Feb 9. Huffman Encoding

Prefix Free Encoding

Suppose we wish to encode a set of letters $\mathcal{A}=\{a_1, \cdots, a_N\}$ in binary such that  we can unambiguously decode a binary stream into  $\mathcal{A}$. One possibility is to use a prefix free encoding. An encoding is prefix free if the code word for any $a_i$ is not the prefix of the code word for any other $a_j$.

Huffman Encoding

Suppose we are given the set $\mathcal{A}$ together with their frequencies $\{f_1, \cdots, f_N\}$. We wish to find a prefix free code such that total length of the code when used with these frequencies is minimized . Such a code is called a Huffman encoding of the set $\mathcal{A}$.

Suppose we assign a code word $c_i$ to every $s_i$ and let $b_i = |c_i|$. Then we wish to minimize $\min \sum_{i=1}^N f_i b_i$.

Observation: A prefix code maps to a full binary tree. One can see this by considering the tree where the left child of a node corresponds to a $0$ and the right child corresponds to a $1$. The $a_i$  corresponds to a leaf in this tree and the code-word $c_i$ for $a_i$ corresponds to the labels on the unique path from the root to $s_i$, while $b_i$ is the depth of $s_i$ in this tree. We will call such a tree $T$ a prefix tree. Note that the cost $c(T)$ of $T$ is given by $c(T) = \sum_{i=1}^N f_i*depth_T(a_i)$.

Greedy Algorithm for Finding a Huffman Encoding

Consider the following greedy algorithm for computing a Huffman encoding:

• Sort the letters according to their frequency so that $f_1 \ge f_2 \ge \cdots \ge f_N$.
• Pick $a_{N-1}$ and $a_N$ to have a common parent $a_{N-1}a_N$ with frequency $f_{N-1} + f_N$.
• Iterate till only one element is left

Lemma: There exists an optimal tree that combines $a_{N-1}$ and $a_N$ and they have maximum depth in this tree.
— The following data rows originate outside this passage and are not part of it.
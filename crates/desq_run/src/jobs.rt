//! From the words of a command to the job that it sets: nothing is mined yet.

ghost use Rattle.std.specs.Prelude.{◌≡◌, ◌≢◌, ◌⊎◌, ◌≤◌, ◌<◌, ℕ, List, Err, IsTrue, IfOk, IfErr, OnOk, length, map};
ghost use Rattle.std.specs.List.{AllByRecursion};
ghost use Rattle.text_ports.specs.Faults.{Rose};
ghost use Rattle.mine_model.specs.declared.fault.Fault.{Fault};
ghost use Rattle.mine_model.specs.declared.fault.Fault.TheVariants.{Read, Write, NoMemory as OutOfMemory};
ghost use Rattle.mine_model.specs.declared.fault.Which.{Which};
ghost use Rattle.mine_model.specs.Limits.{most_leaves};
ghost use Rattle.mine_model.specs.Expression.{named_in, unfolded_leaves};
ghost use Rattle.mine_model.specs.Numbered.{tree_of};
ghost use Rattle.mine_model.specs.Names.{HasName};
ghost use Rattle.mine_model.specs.Ranks.{AreTiesByName};
ghost use Rattle.mine_model.specs.Refusal.{IsUnknown};
ghost use Rattle.patex_parser.specs.Parsing.{use_view, AreWithin, named_tree};
ghost use Rattle.mining_job.specs.Problems.{data_of};
ghost use Rattle.command_line.specs.Words.{IsCommand, NamesFile};
ghost use Rattle.command_line.specs.Commands.{source_said, command_said};
ghost use Rattle.desq_run.specs.Ends.{NeedsNoFile, MayEndWith};
ghost use Rattle.desq_run.specs.Inputs.{HasRanges, IsMinedBy, IsJobOf, IsJobFor};

use super::inputs::{Inputs, read_inputs};
use super::sources::read_source;
use command_line::Command;
use frequency_list::count;
use fst_compile::compile;
use item_names::Names;
use mine_model::{Db, Expr, Fault, Hierarchy, Item, NoMemory};
use mining_job::Job;
use patex_parser::{FindName, Parsed, resolve};
use std::alloc::Global;
use std::thread::Threads;
use text_ports::Files;

/// The job of the expression, where its names have these items. Their frequencies are counted by so many
/// workers.
fn job_of<R: Threads + Sync>(
    rt: &R,
    alloc: Global,
    names: &Names,
    hierarchy: Hierarchy,
    db: Db,
    expression: &Expr,
    threshold: u64,
    workers: u32,
) -> Result<Job, NoMemory>
    requires threshold { 1 ≤ threshold }
    requires items { hierarchy.items ≡ length names.now }
    requires sequences { AllByRecursion (λ s. AllByRecursion (HasName names.now) s.items) db }
    requires named { AllByRecursion (HasName names.now) (named_in (tree_of expression.now)) }
    requires leaves { unfolded_leaves (tree_of expression.now) ≤ most_leaves }
    ensures sets { IfOk result (λ job. data_of job ≡ record {
      links = hierarchy.links;
      sequences = db;
      expression = tree_of expression.now;
      threshold = threshold;
    }) }
    ensures items { IfOk result (λ job. job.hierarchy.items ≡ hierarchy.items) }
    ensures ties { IfOk result (λ job. AreTiesByName names.now job.ranking) }
{
    let ranks = count(rt, alloc, &hierarchy, &db, threshold, names, workers)?;
    let fst = compile(alloc, expression)?;
    Ok(Job::new(hierarchy, db, fst, ranks, threshold))
}

/// The names of items, to look up those of an expression.
#[derive(Drop)]
struct HeldNames<'a>(&'a Names);

impl<'a> FindName for HeldNames<'a> {
    ghost names_of = { λ held. held.0.now };

    fn find(&self, name: &[u8]) -> Option<Item> {
        self.0.find(name)
    }
}

/// The job of the expression that was read.
fn job_by<R: Threads + Sync>(
    rt: &R,
    alloc: Global,
    names: &Names,
    hierarchy: Hierarchy,
    db: Db,
    parsed: &Parsed,
    threshold: u64,
    workers: u32,
) -> Result<Job, Fault>
    requires threshold { 1 ≤ threshold }
    requires items { hierarchy.items ≡ length names.now }
    requires sequences { AllByRecursion (λ s. AllByRecursion (HasName names.now) s.items) db }
    requires within { AreWithin (length (map use_view parsed.now.uses.items))
        (named_in (tree_of parsed.now.tree)) }
    requires leaves { unfolded_leaves (tree_of parsed.now.tree) ≤ most_leaves }
    ensures job { IfOk result (λ job. IsJobOf names.now hierarchy db
        (named_tree (map use_view parsed.now.uses.items) (tree_of parsed.now.tree)) threshold job) }
    ensures known { OnOk result ((fault : Fault)
        → ¬ IsUnknown names.now (map use_view parsed.now.uses.items) fault) }
    ensures refused { IfErr result (λ fault. (fault ≡ OutOfMemory)
        ⊎ IsUnknown names.now (map use_view parsed.now.uses.items) fault) }
{
    let expression = resolve(parsed, &HeldNames(names))?;
    Ok(job_of(
        rt,
        alloc,
        names,
        hierarchy,
        db,
        &expression,
        threshold,
        workers,
    )?)
}

/// What a command is to mine, and the names of its items.
#[derive(Drop)]
pub(crate) struct NamedJob {
    pub(crate) names: Names,
    pub(crate) job: Job,
}

/// Reads the expression or the rule of a command, then its files, and sets the job.
pub(crate) fn read_job<R: Threads + Sync, F: Files>(
    rt: &R,
    alloc: Global,
    command: &Command,
    files: &mut F,
) -> Result<NamedJob, Fault>
    requires may { (file : List ℕ) → NamesFile (command_said command.now) file
        → IsTrue (F.may files.old file) }
    requires threshold { 1 ≤ command.now.threshold }
    requires mined { IsMinedBy (source_said command.now.source) }
    requires ranges { HasRanges (source_said command.now.source) }
    ensures job { IfOk result (λ read.
        IsJobFor (F.holds files.old) (command_said command.now) read.names read.job) }
    ensures ends { (words : List (List ℕ)) → IsCommand words (command_said command.now)
        → IfErr result (λ fault. MayEndWith words (F.holds files.old) (Err fault)) }
    ensures read_fault { (file : Which) → result ≡ Err (Read file)
        → Rose (F.faults files.old) (F.faults files.new) }
    ensures no_write { result ≢ Err Write }
    ensures untouched { NeedsNoFile (source_said command.now.source) → files.new ≡ files.old }
    ensures same_names { F.may files.new ≡ F.may files.old }
    ensures same_files { F.holds files.new ≡ F.holds files.old }
    ensures never_falls { F.faults files.old ≤ F.faults files.new }
{
    let parsed = read_source(alloc, &command.source)?;
    let inputs = read_inputs(rt, alloc, command, files)?;
    let Inputs {
        names,
        hierarchy,
        db,
    } = inputs;
    let job = job_by(
        rt,
        alloc,
        &names,
        hierarchy,
        db,
        &parsed,
        command.threshold,
        command.workers,
    )?;
    Ok(NamedJob { names, job })
}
Proof: Let $T$ be an optimal prefix tree. Since $T$ is a full tree it has at least two leaves of maximum depth.  Let $a_i$ and $a_j$ be two leaves. If $a_N$ is not one of them then swap $a_i$ with $a_N$ (if $a_i \neq a_N$). Similarly swap $a_j$ with $a_{N-1}$ if $a_{N-1}$ is not in $\{a_i, a_j\}$. Note that the cost of this tree $T'$ can only be lower than $T$ since $a_{N-1}, a_N$ are the least frequent items.

Lemma: Let $T$ be an optimal tree for $\mathcal{A} = \{a_1,\cdots, a_N\}$with frequencies $\{f_1,\cdots, f_N\}$ and let $T'$ be an optimal tree for $\mathcal{A}' = \{a_1, \cdots, a_{N-1}a_N\}$  with frequencies $\{f_1,\cdots, f_{N-2}, f_{N-1} + f_N\}$.  Then $T'$ is a subtree of $T$.

Proof: Let $T'$ be the tree where we delete the leaves $a_{N-1}$ and $a_N$ and assign $a_{N-1}a_N$ to the parent of $a_{N-1}$ and $a_N$ in $T$. Note that $c(T') = c(T) - f_{N-1} - f_N$.  We claim that $T'$ must be an optimal tree for $\mathcal{A}'$ . Suppose not, and let $\tilde{T}$ be an optimal tree for $\mathcal{A}'$. Then add two leaves $a_{N-1}$ and $a_N$ to the node corresponding to $a_{N-1}a_N$ in $\tilde{T}$ to get the tree $\tilde{T}'$. Note that $c(\tilde{T}') = c(\tilde{T}) + f_{N-1} + f_N < c(T') + f_{N-1} +f_N = c(T)$. This contradicts the optimality of $T$ for $\mathcal{A}$.